Saved data entries
-=-=-=-=-

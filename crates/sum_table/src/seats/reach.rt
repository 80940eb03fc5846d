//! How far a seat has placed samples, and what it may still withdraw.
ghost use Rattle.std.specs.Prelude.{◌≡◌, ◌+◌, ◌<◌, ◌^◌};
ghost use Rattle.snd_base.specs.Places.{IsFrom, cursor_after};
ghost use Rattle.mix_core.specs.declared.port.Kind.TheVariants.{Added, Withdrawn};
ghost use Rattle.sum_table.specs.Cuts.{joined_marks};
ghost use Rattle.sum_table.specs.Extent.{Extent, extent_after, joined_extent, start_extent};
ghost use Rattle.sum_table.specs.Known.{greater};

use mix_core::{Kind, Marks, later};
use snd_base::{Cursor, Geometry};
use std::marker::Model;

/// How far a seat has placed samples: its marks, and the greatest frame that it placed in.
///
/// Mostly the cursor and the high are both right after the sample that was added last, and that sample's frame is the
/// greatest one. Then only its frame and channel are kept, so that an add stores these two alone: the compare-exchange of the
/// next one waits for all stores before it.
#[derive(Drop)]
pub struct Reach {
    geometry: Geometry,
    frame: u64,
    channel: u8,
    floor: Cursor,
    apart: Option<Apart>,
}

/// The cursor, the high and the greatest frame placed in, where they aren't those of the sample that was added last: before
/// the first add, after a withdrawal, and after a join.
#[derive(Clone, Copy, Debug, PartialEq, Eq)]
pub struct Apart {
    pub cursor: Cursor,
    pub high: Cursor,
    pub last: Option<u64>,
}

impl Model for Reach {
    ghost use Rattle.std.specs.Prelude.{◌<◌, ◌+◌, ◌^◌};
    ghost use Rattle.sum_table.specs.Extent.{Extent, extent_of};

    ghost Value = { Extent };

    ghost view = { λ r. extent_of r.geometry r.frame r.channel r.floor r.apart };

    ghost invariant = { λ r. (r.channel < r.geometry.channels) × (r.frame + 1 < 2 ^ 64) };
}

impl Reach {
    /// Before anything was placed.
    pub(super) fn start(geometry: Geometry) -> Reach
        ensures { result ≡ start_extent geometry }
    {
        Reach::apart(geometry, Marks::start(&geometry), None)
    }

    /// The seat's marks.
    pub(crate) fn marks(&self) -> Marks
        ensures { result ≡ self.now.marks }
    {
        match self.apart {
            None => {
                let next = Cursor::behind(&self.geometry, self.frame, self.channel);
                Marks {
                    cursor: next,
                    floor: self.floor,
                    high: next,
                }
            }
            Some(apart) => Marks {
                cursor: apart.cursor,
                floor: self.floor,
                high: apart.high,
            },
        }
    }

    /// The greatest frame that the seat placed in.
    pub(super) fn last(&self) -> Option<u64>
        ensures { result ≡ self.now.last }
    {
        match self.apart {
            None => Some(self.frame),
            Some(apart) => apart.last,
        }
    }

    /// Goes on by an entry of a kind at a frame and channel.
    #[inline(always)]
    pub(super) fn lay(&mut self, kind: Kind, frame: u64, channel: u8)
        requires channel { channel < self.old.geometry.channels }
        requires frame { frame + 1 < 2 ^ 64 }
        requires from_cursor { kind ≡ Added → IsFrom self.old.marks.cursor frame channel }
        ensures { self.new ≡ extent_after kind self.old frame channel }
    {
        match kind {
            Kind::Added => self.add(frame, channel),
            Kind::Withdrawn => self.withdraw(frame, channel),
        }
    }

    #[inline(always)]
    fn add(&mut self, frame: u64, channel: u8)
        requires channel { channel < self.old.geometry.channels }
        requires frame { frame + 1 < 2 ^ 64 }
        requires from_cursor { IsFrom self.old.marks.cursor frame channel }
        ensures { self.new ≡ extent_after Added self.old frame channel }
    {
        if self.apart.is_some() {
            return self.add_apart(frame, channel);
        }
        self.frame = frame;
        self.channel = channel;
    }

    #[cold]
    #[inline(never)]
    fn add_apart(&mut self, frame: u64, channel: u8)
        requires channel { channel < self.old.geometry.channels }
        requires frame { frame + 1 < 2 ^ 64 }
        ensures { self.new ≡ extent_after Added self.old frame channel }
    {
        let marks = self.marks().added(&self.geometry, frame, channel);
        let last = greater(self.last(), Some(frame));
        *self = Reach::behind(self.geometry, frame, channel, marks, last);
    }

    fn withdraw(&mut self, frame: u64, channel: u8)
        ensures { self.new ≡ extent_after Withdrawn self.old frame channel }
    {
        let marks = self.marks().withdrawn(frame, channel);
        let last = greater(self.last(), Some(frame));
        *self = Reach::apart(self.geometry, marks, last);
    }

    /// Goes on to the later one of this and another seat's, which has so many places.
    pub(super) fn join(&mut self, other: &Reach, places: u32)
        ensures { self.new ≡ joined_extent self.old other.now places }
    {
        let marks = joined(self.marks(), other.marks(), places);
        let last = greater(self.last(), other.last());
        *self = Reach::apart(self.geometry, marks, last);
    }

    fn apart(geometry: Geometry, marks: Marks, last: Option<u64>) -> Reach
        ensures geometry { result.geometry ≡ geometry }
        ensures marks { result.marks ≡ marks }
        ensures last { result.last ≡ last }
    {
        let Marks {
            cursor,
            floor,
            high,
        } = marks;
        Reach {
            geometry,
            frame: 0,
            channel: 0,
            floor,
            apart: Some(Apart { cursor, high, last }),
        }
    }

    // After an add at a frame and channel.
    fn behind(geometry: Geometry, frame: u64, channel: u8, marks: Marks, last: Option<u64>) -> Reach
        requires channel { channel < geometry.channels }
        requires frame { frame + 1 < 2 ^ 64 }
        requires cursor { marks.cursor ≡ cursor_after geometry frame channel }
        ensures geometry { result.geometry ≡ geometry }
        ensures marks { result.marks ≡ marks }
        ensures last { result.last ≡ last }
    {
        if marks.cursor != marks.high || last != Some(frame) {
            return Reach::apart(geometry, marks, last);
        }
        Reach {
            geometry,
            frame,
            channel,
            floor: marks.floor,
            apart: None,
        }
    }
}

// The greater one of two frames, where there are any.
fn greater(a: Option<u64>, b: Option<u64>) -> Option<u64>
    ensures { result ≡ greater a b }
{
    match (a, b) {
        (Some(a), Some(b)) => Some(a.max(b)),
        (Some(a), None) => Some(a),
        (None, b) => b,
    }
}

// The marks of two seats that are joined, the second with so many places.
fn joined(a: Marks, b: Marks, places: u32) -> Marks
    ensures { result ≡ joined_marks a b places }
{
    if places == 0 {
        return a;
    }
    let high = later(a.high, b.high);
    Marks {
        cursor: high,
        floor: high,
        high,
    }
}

-=-=-=-=-

Render the whole set of entries again, exactly as given.

Task response
filename crates/sum_table/src/seats/reach.rt
repository 80940eb03fc5846d
//! How far a seat has placed samples, and what it may still withdraw.
ghost use Rattle.std.specs.Prelude.{◌≡◌, ◌+◌, ◌<◌, ◌^◌};
ghost use Rattle.snd_base.specs.Places.{IsFrom, cursor_after};
ghost use Rattle.mix_core.specs.declared.port.Kind.TheVariants.{Added, Withdrawn};
ghost use Rattle.sum_table.specs.Cuts.{joined_marks};
ghost use Rattle.sum_table.specs.Extent.{Extent, extent_after, joined_extent, start_extent};
ghost use Rattle.sum_table.specs.Known.{greater};

use mix_core::{Kind, Marks, later};
use snd_base::{Cursor, Geometry};
use std::marker::Model;

/// How far a seat has placed samples: its marks, and the greatest frame that it placed in.
///
/// Mostly the cursor and the high are both right after the sample that was added last, and that sample's frame is the
/// greatest one. Then only its frame and channel are kept, so that an add stores these two alone: the compare-exchange of the
/// next one waits for all stores before it.
#[derive(Drop)]
pub struct Reach {
    geometry: Geometry,
    frame: u64,
    channel: u8,
    floor: Cursor,
    apart: Option<Apart>,
}

/// The cursor, the high and the greatest frame placed in, where they aren't those of the sample that was added last: before
/// the first add, after a withdrawal, and after a join.
#[derive(Clone, Copy, Debug, PartialEq, Eq)]
pub struct Apart {
    pub cursor: Cursor,
    pub high: Cursor,
    pub last: Option<u64>,
}

impl Model for Reach {
    ghost use Rattle.std.specs.Prelude.{◌<◌, ◌+◌, ◌^◌};
    ghost use Rattle.sum_table.specs.Extent.{Extent, extent_of};

    ghost Value = { Extent };

    ghost view = { λ r. extent_of r.geometry r.frame r.channel r.floor r.apart };

    ghost invariant = { λ r. (r.channel < r.geometry.channels) × (r.frame + 1 < 2 ^ 64) };
}

impl Reach {
    /// Before anything was placed.
    pub(super) fn start(geometry: Geometry) -> Reach
        ensures { result ≡ start_extent geometry }
    {
        Reach::apart(geometry, Marks::start(&geometry), None)
    }

    /// The seat's marks.
    pub(crate) fn marks(&self) -> Marks
        ensures { result ≡ self.now.marks }
    {
        match self.apart {
            None => {
                let next = Cursor::behind(&self.geometry, self.frame, self.channel);
                Marks {
                    cursor: next,
                    floor: self.floor,
                    high: next,
                }
            }
            Some(apart) => Marks {
                cursor: apart.cursor,
                floor: self.floor,
                high: apart.high,
            },
        }
    }

    /// The greatest frame that the seat placed in.
    pub(super) fn last(&self) -> Option<u64>
        ensures { result ≡ self.now.last }
    {
        match self.apart {
            None => Some(self.frame),
            Some(apart) => apart.last,
        }
    }

    /// Goes on by an entry of a kind at a frame and channel.
    #[inline(always)]
    pub(super) fn lay(&mut self, kind: Kind, frame: u64, channel: u8)
        requires channel { channel < self.old.geometry.channels }
        requires frame { frame + 1 < 2 ^ 64 }
        requires from_cursor { kind ≡ Added → IsFrom self.old.marks.cursor frame channel }
        ensures { self.new ≡ extent_after kind self.old frame channel }
    {
        match kind {
            Kind::Added => self.add(frame, channel),
            Kind::Withdrawn => self.withdraw(frame, channel),
        }
    }

    #[inline(always)]
    fn add(&mut self, frame: u64, channel: u8)
        requires channel { channel < self.old.geometry.channels }
        requires frame { frame + 1 < 2 ^ 64 }
        requires from_cursor { IsFrom self.old.marks.cursor frame channel }
        ensures { self.new ≡ extent_after Added self.old frame channel }
    {
        if self.apart.is_some() {
            return self.add_apart(frame, channel);
        }
        self.frame = frame;
        self.channel = channel;
    }

    #[cold]
    #[inline(never)]
    fn add_apart(&mut self, frame: u64, channel: u8)
        requires channel { channel < self.old.geometry.channels }
        requires frame { frame + 1 < 2 ^ 64 }
        ensures { self.new ≡ extent_after Added self.old frame channel }
    {
        let marks = self.marks().added(&self.geometry, frame, channel);
        let last = greater(self.last(), Some(frame));
        *self = Reach::behind(self.geometry, frame, channel, marks, last);
    }

    fn withdraw(&mut self, frame: u64, channel: u8)
        ensures { self.new ≡ extent_after Withdrawn self.old frame channel }
    {
        let marks = self.marks().withdrawn(frame, channel);
        let last = greater(self.last(), Some(frame));
        *self = Reach::apart(self.geometry, marks, last);
    }

    /// Goes on to the later one of this and another seat's, which has so many places.
    pub(super) fn join(&mut self, other: &Reach, places: u32)
        ensures { self.new ≡ joined_extent self.old other.now places }
    {
        let marks = joined(self.marks(), other.marks(), places);
        let last = greater(self.last(), other.last());
        *self = Reach::apart(self.geometry, marks, last);
    }

    fn apart(geometry: Geometry, marks: Marks, last: Option<u64>) -> Reach
        ensures geometry { result.geometry ≡ geometry }
        ensures marks { result.marks ≡ marks }
        ensures last { result.last ≡ last }
    {
        let Marks {
            cursor,
            floor,
            high,
        } = marks;
        Reach {
            geometry,
            frame: 0,
            channel: 0,
            floor,
            apart: Some(Apart { cursor, high, last }),
        }
    }

    // After an add at a frame and channel.
    fn behind(geometry: Geometry, frame: u64, channel: u8, marks: Marks, last: Option<u64>) -> Reach
        requires channel { channel < geometry.channels }
        requires frame { frame + 1 < 2 ^ 64 }
        requires cursor { marks.cursor ≡ cursor_after geometry frame channel }
        ensures geometry { result.geometry ≡ geometry }
        ensures marks { result.marks ≡ marks }
        ensures last { result.last ≡ last }
    {
        if marks.cursor != marks.high || last != Some(frame) {
            return Reach::apart(geometry, marks, last);
        }
        Reach {
            geometry,
            frame,
            channel,
            floor: marks.floor,
            apart: None,
        }
    }
}

// The greater one of two frames, where there are any.
fn greater(a: Option<u64>, b: Option<u64>) -> Option<u64>
    ensures { result ≡ greater a b }
{
    match (a, b) {
        (Some(a), Some(b)) => Some(a.max(b)),
        (Some(a), None) => Some(a),
        (None, b) => b,
    }
}

// The marks of two seats that are joined, the second with so many places.
fn joined(a: Marks, b: Marks, places: u32) -> Marks
    ensures { result ≡ joined_marks a b places }
{
    if places == 0 {
        return a;
    }
    let high = later(a.high, b.high);
    Marks {
        cursor: high,
        floor: high,
        high,
    }
}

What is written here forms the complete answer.